▶ [TASK ITEM]
From the entries below, copy out every line with "push" in it.
------ MATERIALS PROVIDED
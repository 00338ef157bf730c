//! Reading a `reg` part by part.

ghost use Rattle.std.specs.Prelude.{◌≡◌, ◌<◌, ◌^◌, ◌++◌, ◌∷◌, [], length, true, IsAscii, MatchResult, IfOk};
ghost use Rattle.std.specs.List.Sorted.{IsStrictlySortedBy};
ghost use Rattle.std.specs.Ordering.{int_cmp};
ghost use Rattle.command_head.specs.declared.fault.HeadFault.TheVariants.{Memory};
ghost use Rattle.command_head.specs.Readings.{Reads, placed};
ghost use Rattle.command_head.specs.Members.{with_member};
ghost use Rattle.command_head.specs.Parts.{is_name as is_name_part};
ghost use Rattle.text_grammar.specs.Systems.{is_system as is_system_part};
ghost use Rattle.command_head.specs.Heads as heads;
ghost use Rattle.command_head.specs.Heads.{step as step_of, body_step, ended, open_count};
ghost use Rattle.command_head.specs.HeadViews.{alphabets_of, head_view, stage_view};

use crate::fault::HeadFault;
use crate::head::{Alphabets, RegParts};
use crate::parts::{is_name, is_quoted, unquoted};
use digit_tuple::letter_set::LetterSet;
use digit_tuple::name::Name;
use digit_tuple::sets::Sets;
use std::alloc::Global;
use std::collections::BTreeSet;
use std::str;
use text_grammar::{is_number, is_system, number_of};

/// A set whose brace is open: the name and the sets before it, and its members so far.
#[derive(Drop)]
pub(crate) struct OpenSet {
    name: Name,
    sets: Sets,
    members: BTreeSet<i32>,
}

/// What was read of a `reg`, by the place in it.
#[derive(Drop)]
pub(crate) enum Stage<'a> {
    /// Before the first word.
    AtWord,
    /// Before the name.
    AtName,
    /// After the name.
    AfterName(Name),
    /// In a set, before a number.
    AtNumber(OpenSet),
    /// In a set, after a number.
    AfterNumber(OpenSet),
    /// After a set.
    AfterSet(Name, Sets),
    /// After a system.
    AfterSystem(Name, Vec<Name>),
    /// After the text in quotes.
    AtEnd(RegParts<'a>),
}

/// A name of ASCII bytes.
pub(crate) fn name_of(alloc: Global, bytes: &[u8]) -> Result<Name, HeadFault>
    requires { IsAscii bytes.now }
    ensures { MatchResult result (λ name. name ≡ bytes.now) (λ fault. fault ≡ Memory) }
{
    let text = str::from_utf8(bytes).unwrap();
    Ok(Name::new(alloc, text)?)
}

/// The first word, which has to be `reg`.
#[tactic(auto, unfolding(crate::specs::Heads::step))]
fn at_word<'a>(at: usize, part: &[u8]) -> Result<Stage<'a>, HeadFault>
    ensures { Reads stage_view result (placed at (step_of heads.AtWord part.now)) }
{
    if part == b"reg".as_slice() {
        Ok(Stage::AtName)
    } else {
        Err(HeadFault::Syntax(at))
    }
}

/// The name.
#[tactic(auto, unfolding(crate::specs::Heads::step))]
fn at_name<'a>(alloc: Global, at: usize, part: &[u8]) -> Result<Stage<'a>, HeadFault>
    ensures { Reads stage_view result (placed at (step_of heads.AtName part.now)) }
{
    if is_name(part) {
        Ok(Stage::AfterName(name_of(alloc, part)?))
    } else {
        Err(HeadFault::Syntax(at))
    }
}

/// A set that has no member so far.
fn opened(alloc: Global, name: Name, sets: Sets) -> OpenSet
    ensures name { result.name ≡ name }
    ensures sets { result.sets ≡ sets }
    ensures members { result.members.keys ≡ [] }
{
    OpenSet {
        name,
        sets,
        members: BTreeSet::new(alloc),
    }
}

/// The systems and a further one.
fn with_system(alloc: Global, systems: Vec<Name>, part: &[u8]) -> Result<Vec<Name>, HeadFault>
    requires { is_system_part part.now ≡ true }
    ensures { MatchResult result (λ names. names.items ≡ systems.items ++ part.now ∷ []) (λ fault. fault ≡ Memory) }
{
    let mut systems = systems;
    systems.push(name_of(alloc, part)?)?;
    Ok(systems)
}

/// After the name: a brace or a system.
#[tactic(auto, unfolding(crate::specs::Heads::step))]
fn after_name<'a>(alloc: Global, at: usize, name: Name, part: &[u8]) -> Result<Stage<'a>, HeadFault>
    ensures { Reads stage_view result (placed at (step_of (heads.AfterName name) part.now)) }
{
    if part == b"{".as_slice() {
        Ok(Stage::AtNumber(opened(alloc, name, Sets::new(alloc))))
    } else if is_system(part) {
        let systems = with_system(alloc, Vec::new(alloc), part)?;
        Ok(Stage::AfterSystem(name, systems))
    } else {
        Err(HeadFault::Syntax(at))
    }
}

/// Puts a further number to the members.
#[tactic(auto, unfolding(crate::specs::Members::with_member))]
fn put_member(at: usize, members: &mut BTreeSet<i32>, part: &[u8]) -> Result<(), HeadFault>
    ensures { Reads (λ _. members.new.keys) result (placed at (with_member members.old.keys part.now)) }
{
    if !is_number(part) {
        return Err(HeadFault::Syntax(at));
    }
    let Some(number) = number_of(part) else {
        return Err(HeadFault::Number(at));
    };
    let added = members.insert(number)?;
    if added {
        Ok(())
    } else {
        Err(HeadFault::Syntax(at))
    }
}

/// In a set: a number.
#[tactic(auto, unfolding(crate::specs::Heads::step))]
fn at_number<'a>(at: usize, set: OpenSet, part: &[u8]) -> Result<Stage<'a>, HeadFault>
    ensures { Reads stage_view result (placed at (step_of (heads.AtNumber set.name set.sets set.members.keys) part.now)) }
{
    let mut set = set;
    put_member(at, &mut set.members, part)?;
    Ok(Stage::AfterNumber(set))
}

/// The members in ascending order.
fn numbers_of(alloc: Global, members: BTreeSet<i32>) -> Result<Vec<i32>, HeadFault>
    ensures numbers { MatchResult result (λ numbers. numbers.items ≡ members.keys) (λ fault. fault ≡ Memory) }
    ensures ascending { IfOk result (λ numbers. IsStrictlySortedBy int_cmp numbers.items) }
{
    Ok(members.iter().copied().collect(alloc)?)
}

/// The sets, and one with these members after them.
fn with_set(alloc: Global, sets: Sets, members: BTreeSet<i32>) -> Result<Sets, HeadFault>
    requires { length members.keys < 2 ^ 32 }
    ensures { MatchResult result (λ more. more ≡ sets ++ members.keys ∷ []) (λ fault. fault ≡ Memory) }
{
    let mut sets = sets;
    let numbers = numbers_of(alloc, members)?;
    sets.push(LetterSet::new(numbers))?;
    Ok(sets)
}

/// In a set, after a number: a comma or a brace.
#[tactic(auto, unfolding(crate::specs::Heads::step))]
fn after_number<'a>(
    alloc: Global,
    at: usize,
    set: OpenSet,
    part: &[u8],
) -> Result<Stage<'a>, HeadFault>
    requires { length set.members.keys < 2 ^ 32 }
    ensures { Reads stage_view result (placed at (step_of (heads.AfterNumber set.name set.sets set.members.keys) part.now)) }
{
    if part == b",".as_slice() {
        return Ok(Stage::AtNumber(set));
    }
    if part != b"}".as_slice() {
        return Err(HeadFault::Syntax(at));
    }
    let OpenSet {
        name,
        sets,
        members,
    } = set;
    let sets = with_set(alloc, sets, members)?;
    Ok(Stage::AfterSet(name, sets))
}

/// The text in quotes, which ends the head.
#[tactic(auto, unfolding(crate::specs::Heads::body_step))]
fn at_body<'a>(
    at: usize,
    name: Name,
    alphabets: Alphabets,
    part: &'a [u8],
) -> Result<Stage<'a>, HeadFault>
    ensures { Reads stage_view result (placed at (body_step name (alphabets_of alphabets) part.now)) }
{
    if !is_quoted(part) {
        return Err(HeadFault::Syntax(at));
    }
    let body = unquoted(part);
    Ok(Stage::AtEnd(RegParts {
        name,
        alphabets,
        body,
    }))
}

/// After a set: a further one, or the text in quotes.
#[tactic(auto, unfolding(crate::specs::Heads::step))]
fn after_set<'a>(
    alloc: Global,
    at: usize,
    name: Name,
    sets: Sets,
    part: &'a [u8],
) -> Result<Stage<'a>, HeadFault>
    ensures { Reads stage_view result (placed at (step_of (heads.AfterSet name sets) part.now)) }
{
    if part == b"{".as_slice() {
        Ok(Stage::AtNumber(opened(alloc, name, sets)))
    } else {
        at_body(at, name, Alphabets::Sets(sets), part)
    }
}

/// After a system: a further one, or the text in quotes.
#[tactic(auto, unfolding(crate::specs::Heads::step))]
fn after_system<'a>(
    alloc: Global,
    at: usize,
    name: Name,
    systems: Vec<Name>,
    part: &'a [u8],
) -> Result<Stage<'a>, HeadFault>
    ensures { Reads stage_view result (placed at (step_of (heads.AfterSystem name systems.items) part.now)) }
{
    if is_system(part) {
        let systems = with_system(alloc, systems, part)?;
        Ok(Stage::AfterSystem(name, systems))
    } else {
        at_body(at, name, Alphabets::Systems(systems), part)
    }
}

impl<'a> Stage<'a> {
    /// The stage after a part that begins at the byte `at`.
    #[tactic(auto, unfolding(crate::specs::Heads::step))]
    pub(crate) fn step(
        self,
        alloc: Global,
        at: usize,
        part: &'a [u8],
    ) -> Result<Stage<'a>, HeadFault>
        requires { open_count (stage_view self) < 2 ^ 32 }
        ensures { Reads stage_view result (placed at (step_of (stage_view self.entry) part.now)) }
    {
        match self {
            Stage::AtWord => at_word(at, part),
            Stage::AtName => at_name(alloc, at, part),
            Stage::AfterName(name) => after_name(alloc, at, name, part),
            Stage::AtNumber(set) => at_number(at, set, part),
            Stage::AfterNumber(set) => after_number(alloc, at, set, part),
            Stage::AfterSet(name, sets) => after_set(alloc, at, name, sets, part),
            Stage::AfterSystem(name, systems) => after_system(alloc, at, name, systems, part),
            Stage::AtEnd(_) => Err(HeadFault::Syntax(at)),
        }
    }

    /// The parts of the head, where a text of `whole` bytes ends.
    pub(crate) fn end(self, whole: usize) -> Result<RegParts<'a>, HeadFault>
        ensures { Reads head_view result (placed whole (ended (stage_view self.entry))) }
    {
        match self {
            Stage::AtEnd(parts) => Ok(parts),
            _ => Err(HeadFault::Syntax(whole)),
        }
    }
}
------------
------ MATERIALS PROVIDED
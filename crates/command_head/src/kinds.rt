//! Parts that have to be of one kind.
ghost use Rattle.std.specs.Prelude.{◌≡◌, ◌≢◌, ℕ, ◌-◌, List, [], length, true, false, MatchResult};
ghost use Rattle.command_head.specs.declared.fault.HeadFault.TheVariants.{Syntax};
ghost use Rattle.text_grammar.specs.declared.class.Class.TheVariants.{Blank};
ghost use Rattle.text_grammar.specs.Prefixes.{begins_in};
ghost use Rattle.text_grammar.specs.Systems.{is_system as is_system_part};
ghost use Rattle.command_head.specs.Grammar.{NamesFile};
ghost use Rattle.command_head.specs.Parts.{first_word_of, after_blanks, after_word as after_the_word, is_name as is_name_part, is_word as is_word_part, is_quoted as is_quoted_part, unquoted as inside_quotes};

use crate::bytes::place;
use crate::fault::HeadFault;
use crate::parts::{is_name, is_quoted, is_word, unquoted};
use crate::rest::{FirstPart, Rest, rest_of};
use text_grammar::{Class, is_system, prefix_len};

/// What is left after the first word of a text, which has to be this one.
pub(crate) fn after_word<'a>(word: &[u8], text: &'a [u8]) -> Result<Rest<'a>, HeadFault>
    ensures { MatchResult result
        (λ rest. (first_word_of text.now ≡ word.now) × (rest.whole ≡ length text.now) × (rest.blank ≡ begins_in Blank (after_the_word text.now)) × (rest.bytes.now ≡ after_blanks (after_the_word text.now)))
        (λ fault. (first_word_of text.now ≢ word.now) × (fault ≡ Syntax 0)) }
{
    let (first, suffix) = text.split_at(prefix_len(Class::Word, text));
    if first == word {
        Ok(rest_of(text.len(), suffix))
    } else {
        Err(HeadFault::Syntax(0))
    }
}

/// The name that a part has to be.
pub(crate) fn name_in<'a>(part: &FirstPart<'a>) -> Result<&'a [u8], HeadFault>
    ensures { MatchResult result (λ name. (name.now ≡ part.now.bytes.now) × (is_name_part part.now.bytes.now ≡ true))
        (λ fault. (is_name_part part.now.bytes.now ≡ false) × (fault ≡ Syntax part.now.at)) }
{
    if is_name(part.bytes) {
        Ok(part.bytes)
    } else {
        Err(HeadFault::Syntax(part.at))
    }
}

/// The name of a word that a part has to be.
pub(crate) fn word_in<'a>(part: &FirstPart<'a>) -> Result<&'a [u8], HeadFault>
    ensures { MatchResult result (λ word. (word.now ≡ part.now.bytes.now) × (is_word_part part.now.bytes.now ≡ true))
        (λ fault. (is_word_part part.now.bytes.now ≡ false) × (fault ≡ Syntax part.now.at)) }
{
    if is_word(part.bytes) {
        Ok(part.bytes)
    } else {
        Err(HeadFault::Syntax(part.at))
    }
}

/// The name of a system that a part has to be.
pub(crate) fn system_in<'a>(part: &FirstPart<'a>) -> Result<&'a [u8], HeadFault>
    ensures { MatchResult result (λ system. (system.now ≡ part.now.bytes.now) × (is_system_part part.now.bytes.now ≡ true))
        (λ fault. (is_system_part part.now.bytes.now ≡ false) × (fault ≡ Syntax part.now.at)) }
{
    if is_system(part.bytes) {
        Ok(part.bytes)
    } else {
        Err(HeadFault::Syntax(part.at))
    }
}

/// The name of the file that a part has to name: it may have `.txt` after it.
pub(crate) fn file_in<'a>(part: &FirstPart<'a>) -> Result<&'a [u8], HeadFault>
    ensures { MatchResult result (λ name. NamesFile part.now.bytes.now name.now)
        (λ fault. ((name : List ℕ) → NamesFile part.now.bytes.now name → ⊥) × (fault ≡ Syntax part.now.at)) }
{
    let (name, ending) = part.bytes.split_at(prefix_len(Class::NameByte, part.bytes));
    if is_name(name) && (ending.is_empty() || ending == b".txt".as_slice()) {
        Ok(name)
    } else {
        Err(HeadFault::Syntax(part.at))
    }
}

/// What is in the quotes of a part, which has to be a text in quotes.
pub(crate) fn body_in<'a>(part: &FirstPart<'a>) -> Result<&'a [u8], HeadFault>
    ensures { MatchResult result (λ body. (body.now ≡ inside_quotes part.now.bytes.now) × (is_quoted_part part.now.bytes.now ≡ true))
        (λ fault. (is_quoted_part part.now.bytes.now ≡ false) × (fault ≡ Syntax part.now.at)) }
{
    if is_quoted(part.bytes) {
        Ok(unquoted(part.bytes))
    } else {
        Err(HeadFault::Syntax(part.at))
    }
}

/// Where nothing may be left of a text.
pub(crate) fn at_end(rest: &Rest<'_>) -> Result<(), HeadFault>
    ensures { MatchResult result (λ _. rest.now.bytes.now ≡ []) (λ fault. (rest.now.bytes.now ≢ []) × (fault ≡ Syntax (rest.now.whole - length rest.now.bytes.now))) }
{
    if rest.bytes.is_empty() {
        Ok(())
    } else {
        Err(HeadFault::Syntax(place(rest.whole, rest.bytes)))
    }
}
------------
------ MATERIALS PROVIDED
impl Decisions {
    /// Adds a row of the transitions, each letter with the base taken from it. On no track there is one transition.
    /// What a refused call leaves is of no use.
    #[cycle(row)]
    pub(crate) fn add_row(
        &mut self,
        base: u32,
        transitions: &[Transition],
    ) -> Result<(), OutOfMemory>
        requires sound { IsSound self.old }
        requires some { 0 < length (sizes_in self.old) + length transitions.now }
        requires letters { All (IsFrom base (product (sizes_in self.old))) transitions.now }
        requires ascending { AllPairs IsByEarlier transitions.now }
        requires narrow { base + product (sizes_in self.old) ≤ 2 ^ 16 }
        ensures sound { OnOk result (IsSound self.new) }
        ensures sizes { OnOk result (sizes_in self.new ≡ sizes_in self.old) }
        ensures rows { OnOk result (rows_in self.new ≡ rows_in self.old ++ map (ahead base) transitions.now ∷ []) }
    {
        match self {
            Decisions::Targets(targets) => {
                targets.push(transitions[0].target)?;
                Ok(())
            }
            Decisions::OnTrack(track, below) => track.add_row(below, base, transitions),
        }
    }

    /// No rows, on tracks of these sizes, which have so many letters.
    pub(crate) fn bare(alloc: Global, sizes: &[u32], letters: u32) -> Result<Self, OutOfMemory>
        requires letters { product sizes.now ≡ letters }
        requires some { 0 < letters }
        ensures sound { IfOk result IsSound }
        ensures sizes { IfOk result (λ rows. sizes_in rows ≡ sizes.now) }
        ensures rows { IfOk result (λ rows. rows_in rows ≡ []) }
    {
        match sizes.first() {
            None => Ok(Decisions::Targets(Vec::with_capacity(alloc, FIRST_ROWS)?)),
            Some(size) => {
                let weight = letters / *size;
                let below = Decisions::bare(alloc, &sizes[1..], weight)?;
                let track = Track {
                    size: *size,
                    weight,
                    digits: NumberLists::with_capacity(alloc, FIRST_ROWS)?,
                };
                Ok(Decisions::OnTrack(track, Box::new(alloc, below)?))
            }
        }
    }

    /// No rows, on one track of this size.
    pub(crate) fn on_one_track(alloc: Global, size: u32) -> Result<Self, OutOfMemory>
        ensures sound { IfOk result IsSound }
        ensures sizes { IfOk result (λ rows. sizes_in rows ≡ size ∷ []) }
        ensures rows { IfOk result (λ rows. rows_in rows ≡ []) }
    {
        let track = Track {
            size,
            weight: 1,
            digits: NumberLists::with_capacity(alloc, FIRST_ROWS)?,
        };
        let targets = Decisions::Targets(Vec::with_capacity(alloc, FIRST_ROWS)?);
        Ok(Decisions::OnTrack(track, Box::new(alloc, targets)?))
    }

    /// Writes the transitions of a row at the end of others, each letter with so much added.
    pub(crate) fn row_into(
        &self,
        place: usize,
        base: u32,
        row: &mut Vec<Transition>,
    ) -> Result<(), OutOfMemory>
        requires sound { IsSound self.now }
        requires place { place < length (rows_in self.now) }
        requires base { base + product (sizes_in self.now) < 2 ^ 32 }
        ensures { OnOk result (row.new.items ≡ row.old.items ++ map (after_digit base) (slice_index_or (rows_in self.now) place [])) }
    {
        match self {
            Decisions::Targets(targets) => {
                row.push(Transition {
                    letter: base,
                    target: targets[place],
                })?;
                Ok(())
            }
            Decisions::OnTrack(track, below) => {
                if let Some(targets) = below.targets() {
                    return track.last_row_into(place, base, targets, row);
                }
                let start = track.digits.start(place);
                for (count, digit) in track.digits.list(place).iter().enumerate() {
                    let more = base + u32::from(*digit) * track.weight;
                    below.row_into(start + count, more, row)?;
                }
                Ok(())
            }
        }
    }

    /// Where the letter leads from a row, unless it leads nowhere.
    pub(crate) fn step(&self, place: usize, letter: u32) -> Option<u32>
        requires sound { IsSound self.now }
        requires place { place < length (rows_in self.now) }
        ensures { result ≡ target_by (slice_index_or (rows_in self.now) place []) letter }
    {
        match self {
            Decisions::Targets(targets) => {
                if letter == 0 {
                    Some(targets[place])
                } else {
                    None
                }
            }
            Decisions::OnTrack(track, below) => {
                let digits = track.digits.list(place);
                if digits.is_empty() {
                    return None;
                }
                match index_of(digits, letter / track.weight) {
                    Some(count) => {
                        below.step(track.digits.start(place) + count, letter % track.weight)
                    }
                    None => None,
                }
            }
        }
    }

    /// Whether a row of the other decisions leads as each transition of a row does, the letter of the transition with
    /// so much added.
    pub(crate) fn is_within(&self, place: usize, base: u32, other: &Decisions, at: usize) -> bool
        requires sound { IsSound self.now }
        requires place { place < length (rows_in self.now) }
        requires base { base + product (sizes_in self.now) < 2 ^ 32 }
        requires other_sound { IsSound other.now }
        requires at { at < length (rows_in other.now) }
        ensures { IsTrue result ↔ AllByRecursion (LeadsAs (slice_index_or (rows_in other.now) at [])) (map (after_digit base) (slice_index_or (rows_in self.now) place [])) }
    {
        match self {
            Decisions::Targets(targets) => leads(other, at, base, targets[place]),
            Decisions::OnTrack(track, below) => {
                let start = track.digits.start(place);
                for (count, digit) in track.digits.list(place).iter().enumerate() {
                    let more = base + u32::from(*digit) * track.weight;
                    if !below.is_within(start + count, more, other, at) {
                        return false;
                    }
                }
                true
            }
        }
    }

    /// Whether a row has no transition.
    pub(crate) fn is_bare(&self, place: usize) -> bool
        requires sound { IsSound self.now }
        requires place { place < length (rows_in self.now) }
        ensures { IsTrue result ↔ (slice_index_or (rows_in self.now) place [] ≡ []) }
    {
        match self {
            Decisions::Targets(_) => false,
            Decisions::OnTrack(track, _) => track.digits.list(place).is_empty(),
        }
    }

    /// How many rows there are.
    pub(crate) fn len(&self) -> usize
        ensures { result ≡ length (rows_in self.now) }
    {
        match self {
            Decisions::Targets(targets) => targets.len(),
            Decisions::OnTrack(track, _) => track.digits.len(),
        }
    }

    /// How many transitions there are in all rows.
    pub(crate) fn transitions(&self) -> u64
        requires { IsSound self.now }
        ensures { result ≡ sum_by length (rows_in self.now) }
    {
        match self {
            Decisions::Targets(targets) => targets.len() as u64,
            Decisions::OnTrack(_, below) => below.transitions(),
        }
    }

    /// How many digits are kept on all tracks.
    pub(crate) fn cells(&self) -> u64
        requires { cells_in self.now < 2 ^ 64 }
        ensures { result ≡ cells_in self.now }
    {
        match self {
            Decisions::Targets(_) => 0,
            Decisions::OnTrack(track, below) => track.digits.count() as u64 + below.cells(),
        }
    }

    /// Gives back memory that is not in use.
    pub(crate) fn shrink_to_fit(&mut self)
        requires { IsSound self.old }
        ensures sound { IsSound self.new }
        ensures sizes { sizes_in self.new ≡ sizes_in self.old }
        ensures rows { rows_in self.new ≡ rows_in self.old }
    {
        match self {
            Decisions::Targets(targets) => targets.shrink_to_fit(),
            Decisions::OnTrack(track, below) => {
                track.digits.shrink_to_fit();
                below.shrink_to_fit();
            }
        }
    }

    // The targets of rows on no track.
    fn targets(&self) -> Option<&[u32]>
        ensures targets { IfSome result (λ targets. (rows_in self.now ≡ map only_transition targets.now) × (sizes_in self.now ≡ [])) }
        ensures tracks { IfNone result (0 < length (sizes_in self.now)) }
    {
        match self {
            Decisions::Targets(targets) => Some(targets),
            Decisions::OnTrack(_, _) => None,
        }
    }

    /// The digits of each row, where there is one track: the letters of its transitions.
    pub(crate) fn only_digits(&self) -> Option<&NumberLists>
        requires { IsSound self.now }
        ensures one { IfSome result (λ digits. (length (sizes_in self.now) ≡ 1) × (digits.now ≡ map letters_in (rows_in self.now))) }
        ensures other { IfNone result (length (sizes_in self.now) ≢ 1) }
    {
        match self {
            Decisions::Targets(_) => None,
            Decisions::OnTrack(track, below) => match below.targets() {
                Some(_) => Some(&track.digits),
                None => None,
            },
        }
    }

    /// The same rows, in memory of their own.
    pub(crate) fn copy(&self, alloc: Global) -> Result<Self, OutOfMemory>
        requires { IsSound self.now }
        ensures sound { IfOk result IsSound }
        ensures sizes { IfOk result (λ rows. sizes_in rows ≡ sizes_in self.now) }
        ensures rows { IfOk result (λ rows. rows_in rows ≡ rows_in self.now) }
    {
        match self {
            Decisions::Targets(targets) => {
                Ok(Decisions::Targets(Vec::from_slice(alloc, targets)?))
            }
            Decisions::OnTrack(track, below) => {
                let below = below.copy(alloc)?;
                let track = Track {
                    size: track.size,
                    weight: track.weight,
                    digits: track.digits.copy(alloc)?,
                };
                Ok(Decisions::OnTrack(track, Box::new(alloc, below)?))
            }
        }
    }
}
------------
▶ [OUTPUT BELOW]
    systems.push(name_of(alloc, part)?)?;
    sets.push(LetterSet::new(numbers))?;
                targets.push(transitions[0].target)?;
                row.push(Transition {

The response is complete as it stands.